Canada’s Online News Act is one of several global attempts to protect the revenues of news publishers as readers move increasingly online
Agreement hinged on capping the financial liability of digital platforms
On 29 November 2023, the Canadian Government and Google reached an agreement on terms for online news sharing under the Online News Act (Bill C-18). As such, Google is expected to pay approximately C$100m (£58.4m) annually to Canadian news outlets. That figure is substantially lower than the approximately C$172m (£99.7m) that Google would’ve owed under the formula proposed in the Government’s September consultation on implementing the legislation, which factored in firms’ global revenue and share of Canadian GDP. The agreement also includes a provision that would allow Google to negotiate directly with a single group representing all publishers, limiting the need to directly negotiate with individual outlets. Google noted the importance of reaching an agreement that included a “path to an exemption at a clear commitment threshold”, which addressed the firm’s concern that its financial liability would be uncapped going into negotiations.

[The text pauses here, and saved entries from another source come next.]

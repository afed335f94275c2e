//! The changes of a record with which it has a correction.
ghost use Rattle.std.specs.Prelude.{◌≡◌, ℕ, ◌+◌, ◌<◌, ◌≤◌, List, Option, None, map, length, IsTrue, IfOk, OnOk};
ghost use Rattle.ref_tiles.specs.declared.rulebook.Rules.{Rules};
ghost use Rattle.repair_slips.specs.Changes.{change_at};
ghost use Rattle.game_walk.specs.Walks.{IsWalkOf};
ghost use Rattle.gcg_read.specs.declared.events.Event.{Event};
ghost use Rattle.repair_single.specs.Candidates.{AreBetween, AreCandidates, AddsCandidates, AddsListed, MayBeReported};
ghost use Rattle.repair_changes.specs.declared.slips.Change.{Change};
ghost use Rattle.repair_single.specs.Listing.{changes_with};
ghost use Rattle.repair_single.specs.Remaining.{Weighing};
ghost use Rattle.repair_single.specs.Repairs.{IsListed};
ghost use Rattle.repair_single.specs.Trying.{NoneFewer};
ghost use Rattle.repair_single.specs.RackStops.{IsStop};
ghost use Rattle.repair_single.specs.Weighers.{wrong_by};
ghost use Rattle.repair_single.specs.declared.listed.Listed.{Listed};

use crate::candidate::{Candidate, Candidates};
use crate::counting::after_rows;
use crate::listed::Listed;
use crate::rack_stops::{RackStop, rack_stop};
use crate::rooms::is_full;
use crate::standing::game_before;
use crate::steps::{is_over, spend};
use crate::trying::weigh;
use crate::weighers::Weigher;
use crate::with_plays::slips_with;
use game_walk::Walk;
use gcg_read::Event;
use lex_list::WordList;
use ref_tiles::Rules;
use repair_changes::{Change, Slip, law_of_changes};
use repair_slips::law_of_slips;
use std::alloc::{AllocError, Global};

/// Adds a change of the list, if the record has a correction with it.
fn push_listed(
    alloc: Global,
    found: &mut Vec<Candidate>,
    rules: &Rules,
    list: &WordList,
    weigher: &Weigher,
    walk: &Walk,
    events: &[Event],
    below: Option<usize>,
    stop: &Option<RackStop>,
    listed: Listed,
    spent: &mut u64,
) -> Result<(), AllocError>
    requires walk { IsWalkOf rules.now list.now events.now walk.now }
    requires stop { IsStop rules.now list.now events.now stop.now }
    ensures { OnOk result ((plays : List Change) → IsListed rules.now events.now plays listed
        → AddsListed (wrong_by weigher.now) rules.now list.now events.now plays below listed found.old.items found.new.items) }
{
    let Some(cost) = weigh(
        alloc,
        rules,
        list,
        weigher,
        walk,
        events,
        below,
        stop,
        &listed.change,
        spent,
    )?
    else {
        return Ok(());
    };
    found.push(Candidate { listed, cost })?;
    Ok(())
}

/// Adds the changes at a place with which the record has a correction, for all slips that there may be, in their order.
fn push_slips(
    alloc: Global,
    found: &mut Vec<Candidate>,
    rules: &Rules,
    list: &WordList,
    weigher: &Weigher,
    walk: &Walk,
    events: &[Event],
    below: Option<usize>,
    stop: &Option<RackStop>,
    place: usize,
    slips: Vec<Slip>,
    spent: &mut u64,
) -> Result<(), AllocError>
    requires walk { IsWalkOf rules.now list.now events.now walk.now }
    requires stop { IsStop rules.now list.now events.now stop.now }
    requires within { place ≤ length events.now }
    ensures { OnOk result ((plays : List Change) → map (change_at place) slips.items ≡ changes_with rules.now events.now plays place
        → AddsCandidates (wrong_by weigher.now) rules.now list.now events.now plays below place found.old.items found.new.items) }
{
    let mut index = 0;
    for slip in slips {
        let change = Change { place, slip };
        let listed = Listed { change, index };
        push_listed(
            alloc, found, rules, list, weigher, walk, events, below, stop, listed, spent,
        )?;
        index += 1;
    }
    Ok(())
}

/// Whether so much is wrong before a place that too many numbers and words stay wrong with each change there. The row before the place
/// does not count: with a change its event may be taken back, or no longer be.
fn is_past_room(
    list: &WordList,
    walk: &Walk,
    events: &[Event],
    below: Option<usize>,
    place: usize,
) -> bool
    requires place { place ≤ length walk.now.rows.items }
    requires within { place ≤ length events.now }
    ensures { (rules : Rules) → IsWalkOf rules list.now events.now walk.now → IsTrue result
        → (change : Change) → change.place ≡ place → NoneFewer rules list.now events.now below change }
{
    law_of_changes();
    let before = place.saturating_sub(1);
    is_full(after_rows(below, list, events, walk.rows.as_slice(), before))
}

/// Adds the changes at a place with which the record has a correction, in the order of the list, and then the plays that were added there.
fn push_candidates(
    alloc: Global,
    found: &mut Vec<Candidate>,
    rules: &Rules,
    list: &WordList,
    weigher: &Weigher,
    walk: &Walk,
    events: &[Event],
    plays: &[Change],
    below: Option<usize>,
    stop: &Option<RackStop>,
    place: usize,
    spent: &mut u64,
) -> Result<(), AllocError>
    requires walk { IsWalkOf rules.now list.now events.now walk.now }
    requires stop { IsStop rules.now list.now events.now stop.now }
    requires place { place ≤ length walk.now.rows.items }
    ensures { OnOk result (AddsCandidates (wrong_by weigher.now) rules.now list.now events.now plays.now below place found.old.items found.new.items) }
{
    spend(spent, place);
    let room = weigher.room(below);
    if is_past_room(list, walk, events, room, place) {
        return Ok(());
    }
    law_of_slips();
    let Some(game) = game_before(walk, place) else {
        unreachable!()
    };
    let slips = slips_with(alloc, rules, game, events, plays, place)?;
    push_slips(
        alloc, found, rules, list, weigher, walk, events, below, stop, place, slips, spent,
    )
}

/// The changes before place `end` with which the record has a correction that leaves few enough numbers and words wrong, in the order of
/// the list. Some of those with which it makes no game are left out. The last places are tried first; where a limit is given, those before
/// are not tried once so many steps are taken.
fn candidates_before(
    alloc: Global,
    rules: &Rules,
    list: &WordList,
    weigher: &Weigher,
    walk: &Walk,
    events: &[Event],
    plays: &[Change],
    below: Option<usize>,
    stop: &Option<RackStop>,
    end: usize,
    limit: Option<u64>,
) -> Result<Candidates, AllocError>
    requires walk { IsWalkOf rules.now list.now events.now walk.now }
    requires stop { IsStop rules.now list.now events.now stop.now }
    requires end { end ≤ length walk.now.rows.items + 1 }
    ensures found { IfOk result (λ c. AreBetween (wrong_by weigher.now) rules.now list.now events.now plays.now below c.from end c.found.items) }
    ensures all { IfOk result (λ c. limit ≡ None → c.from ≡ 0) }
{
    let mut spent = 0;
    let mut found = Vec::new(alloc);
    for following in 0..end {
        let from = end - following;
        if is_over(limit, spent) {
            return Ok(Candidates { found, from });
        }
        let mut here = Vec::new(alloc);
        push_candidates(
            alloc,
            &mut here,
            rules,
            list,
            weigher,
            walk,
            events,
            plays,
            below,
            stop,
            from - 1,
            &mut spent,
        )?;
        here.append(&mut found)?;
        found = here;
    }
    Ok(Candidates { found, from: 0 })
}

/// How many places have a change that makes a game: up to the event at which the walk stops, and up to the one after those whose racks no
/// deal yields.
#[tactic(auto, using(crate::proofs::PlaceChanges::within_walk, crate::proofs::PlaceChanges::within_both))]
fn count_places(walk: &Walk, stop: &Option<RackStop>) -> usize
    ensures most { result ≤ length walk.now.rows.items + 1 }
    ensures all { (weigh : Weighing) (rules : Rules) (list : List (List ℕ)) (events : List Event) (plays : List Change) (below : Option ℕ) (listed : Listed)
        → IsWalkOf rules list events walk.now
        → IsStop rules list events stop.now → MayBeReported weigh rules list events plays below listed → listed.change.place < result }
{
    let rows = walk.rows.len();
    match stop {
        Some(stop) => rows.min(stop.end) + 1,
        None => rows + 1,
    }
}

/// The changes of a record with which it has a correction that leaves few enough numbers and words wrong: those that cost least first,
/// and those of equal cost in the order of the list. Some of those with which it makes no game are left out. Without a limit all places are
/// tried.
///
/// It fails only if memory runs out.
pub(crate) fn all_candidates(
    alloc: Global,
    rules: &Rules,
    list: &WordList,
    weigher: &Weigher,
    walk: &Walk,
    events: &[Event],
    plays: &[Change],
    below: Option<usize>,
    limit: Option<u64>,
) -> Result<Candidates, AllocError>
    requires { IsWalkOf rules.now list.now events.now walk.now }
    ensures found { IfOk result (λ c. AreCandidates (wrong_by weigher.now) rules.now list.now events.now plays.now below c.from c.found.items) }
    ensures all { IfOk result (λ c. limit ≡ None → c.from ≡ 0) }
{
    let stop = rack_stop(alloc, rules, walk, events)?;
    let end = count_places(walk, &stop);
    let mut all = candidates_before(
        alloc, rules, list, weigher, walk, events, plays, below, &stop, end, limit,
    )?;
    all.found.sort_by_key(|candidate| candidate.cost)?;
    Ok(all)
}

Google and Meta have used the same tactics in other news negotiations
Before reaching a deal, Google threatened to block news content for Canadian users as of 19 December when the rules for implementation of the act are due to be finalised. The firm had also previously called the framework “unworkable”. Meta employed a similar approach to the Online News Act, threatening to remove news content from Facebook and Instagram for Canadian users. However, Meta followed through on its warning and began blocking content on 2 August 2023 – a move that was heavily criticised by media outlets, as well as consumers. The tactics used by both companies mirror those employed during negotiations with the Australian Government in 2021 in response to its News Media Bargaining Code. Meta briefly blocked news content from its platforms for Australian users in February 2021 shortly before both firms reached a voluntary agreement with news publishers to pay for their content. Meta’s ongoing block on news in Canada is arguably the most extreme outcome in the short history of news bargaining agreements and could impact future negotiations both in Canada and elsewhere.
Similar agreements over news content are being struck around the world
In addition to the laws passed in Canada and Australia, a number of other countries are considering legislation to require tech firms to pay for news content or have supported voluntary agreements between news publishers and tech firms:
In New Zealand, the Fair Digital News Bargaining Bill would be modelled on the Australian framework, requiring publishers and platforms to negotiate but not mandating any level of payment for access to news content;
In Germany, Google agreed to pay €3.2m (£2.7m) annually to Corint Media, an umbrella organisation of publishers, on an interim basis while the German Patent and Trade Mark Office considers further liability under a news copyright law;
In the US, the Journalism Competition and Preservation Act would offer an antitrust exemption to news publishers to collectively bargain with platforms for payment for content; and
In the UK, the Digital Market, Competition and Consumers Bill would empower the CMA’s Digital Markets Unit to mediate agreements between publishers and platforms designated with strategic market status.
While these laws aim to address the increasing instability of news markets globally, some jurisdictions like the EU are instead attempting to legislate around increasing pluralism and stabilising public media funding through bills like the European Media Freedom Act. Regardless of the mechanism used, numerous countries appear intent on addressing the shifts in revenues that result from increasing numbers of consumers accessing news online.